Records from a data source:
——————

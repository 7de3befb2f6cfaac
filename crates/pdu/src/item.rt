//! Items of an association request.
ghost use Rattle.std.specs.Prelude.{◌≡◌, ◌≤◌, length, MatchOption};
ghost use Rattle.std.specs.Iterator.{YieldsFirstBy, item_count};
ghost use Rattle.pdu.specs.Items as spelling;
ghost use Rattle.element.specs.Padding.{is_empty};
ghost use Rattle.pdu.specs.Items.{item, items_of, remainder, Begins, BeginsNone};

use crate::item_type;
use byteorder::{BigEndian, ByteOrder};

/// Returns the length of an item's content in bytes, from its head of four bytes.
fn content_length(head: &[u8]) -> u16
    requires { 4 ≤ length head.now }
    ensures { result ≡ item.body head.now }
{
    BigEndian::read_u16(&head[2..])
}

/// A whole item or sub-item of an association request: one byte type, one reserved, two bytes
/// length, then the content (PS3.8 section 9.3.2).
#[derive(Clone, Copy)]
pub struct Item<'a> {
    bytes: &'a [u8],
    ghost headed: { 4 ≤ length bytes.now },
}

impl<'a> Item<'a> {
    /// Returns the type of the item, its first byte.
    pub fn kind(self) -> u8
        ensures { result ≡ spelling.kind self.entry.bytes.now }
    {
        self.bytes[0]
    }

    /// Returns all bytes of the item, including its head of four bytes.
    pub fn bytes(self) -> &'a [u8]
        ensures { result.now ≡ self.entry.bytes.now }
    {
        self.bytes
    }

    /// Returns whether the item is a proposed presentation context with its ID and three reserved
    /// bytes.
    pub fn is_context(self) -> bool
        ensures { result ≡ spelling.is_context self.entry.bytes.now }
    {
        self.kind() == item_type::PROPOSED_CONTEXT && self.bytes.len() >= 8
    }

    /// Returns the content of the item: the bytes after its head.
    pub fn content(self) -> &'a [u8]
        ensures { result.now ≡ spelling.item_content self.entry.bytes.now }
    {
        &self.bytes[4..]
    }
}

/// An iterator over the whole items at the front of some bytes, in order.
#[derive(Clone, Copy)]
pub struct Items<'a> {
    rest: &'a [u8],
}

impl<'a> Items<'a> {
    /// Returns an iterator over the items of these bytes.
    pub fn of(text: &'a [u8]) -> Items<'a>
        ensures { items_of result.rest.now ≡ items_of text.now }
    {
        Items { rest: text }
    }
}

/// Returns the first item and the bytes after it, or `None` if the bytes do not begin with a whole
/// item.
#[tactic(auto, using(crate::proofs::FirstItemIsUnique::begins_short, crate::proofs::FirstItemIsUnique::begins_started, crate::proofs::FirstItemIsUnique::begins_cut))]
pub fn first_item<'a>(text: &'a [u8]) -> Option<(Item<'a>, &'a [u8])>
    ensures { MatchOption result (BeginsNone text.now) (λ p. Begins text.now p.0.bytes.now p.1.now) }
{
    if text.len() < 4 {
        return None;
    }
    let size = 4 + usize::from(content_length(text));
    if text.len() < size {
        return None;
    }
    let (bytes, rest) = text.split_at(size);
    Some((Item { bytes }, rest))
}

impl<'a> Iterator for Items<'a> {
    type Item = Item<'a>;

    ghost next_gives = { YieldsFirstBy (λ i. i.bytes.now) (λ s. items_of s.rest.now) };

    ghost remaining = { item_count (λ s. items_of s.rest.now) };

    fn next(&mut self) -> Option<Item<'a>> {
        match first_item(self.rest) {
            None => None,
            Some((item, rest)) => {
                self.rest = rest;
                Some(item)
            }
        }
    }
}

/// Returns the content of the first item of type `kind`, or an empty slice if there is none.
pub fn content_in<'a>(kind: u8, text: &'a [u8]) -> &'a [u8]
    ensures { result.now ≡ spelling.content_in kind (items_of text.now) }
{
    for item in Items::of(text) {
        if item.kind() == kind {
            return item.content();
        }
    }
    &[]
}

/// Returns the number of items of type `kind`.
pub fn count_of(kind: u8, text: &[u8]) -> usize
    ensures { result ≡ length (spelling.of_kind kind (items_of text.now)) }
{
    let mut count = 0;
    for item in Items::of(text) {
        if item.kind() == kind {
            count += 1;
        }
    }
    count
}

/// Returns whether the bytes are whole items and nothing else.
pub fn is_whole(text: &[u8]) -> bool
    ensures { result ≡ is_empty (remainder text.now) }
{
    let mut rest = text;
    while let Some((_, more)) = first_item(rest) {
        rest = more;
    }
    rest.is_empty()
}
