//! The meanings of the numbers in an A-ASSOCIATE-RJ, in an A-ABORT, and in the result of a context
//! (PS3.8 sections 9.3.3, 9.3.4 and 9.3.8).

/// Returns why an association was rejected, from the source and the reason of its A-ASSOCIATE-RJ
/// (PS3.8 Table 9-21).
pub fn rejection_words(source: u8, reason: u8) -> &'static str {
    match (source, reason) {
        (1, 1) => "no reason given",
        (1, 2) => "application context name not supported",
        (1, 3) => "calling AE title not recognized",
        (1, 7) => "called AE title not recognized",
        (2, 1) => "no reason given by the service provider",
        (2, 2) => "protocol version not supported",
        (3, 1) => "temporary congestion",
        (3, 2) => "local limit exceeded",
        _ => "reserved reason",
    }
}

/// Returns why a service provider aborted an association, from the reason of its A-ABORT (PS3.8
/// Table 9-26).
pub fn provider_words(reason: u8) -> &'static str {
    match reason {
        0 => "reason not specified",
        1 => "unrecognized PDU",
        2 => "unexpected PDU",
        4 => "unrecognized PDU parameter",
        5 => "unexpected PDU parameter",
        6 => "invalid PDU parameter value",
        _ => "reserved reason",
    }
}

/// Returns the meaning of the result of a presentation context (PS3.8 Table 9-18).
pub(crate) fn context_words(answer: u8) -> &'static str {
    match answer {
        0 => "acceptance",
        1 => "user rejection",
        2 => "no reason",
        3 => "abstract syntax not supported",
        4 => "transfer syntaxes not supported",
        _ => "reserved result",
    }
}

——————

(EXERCISE PROMPT) Only the number should be given: the count of lines in the entries that contain the string "MatchOption".

(ANSWER AREA) 2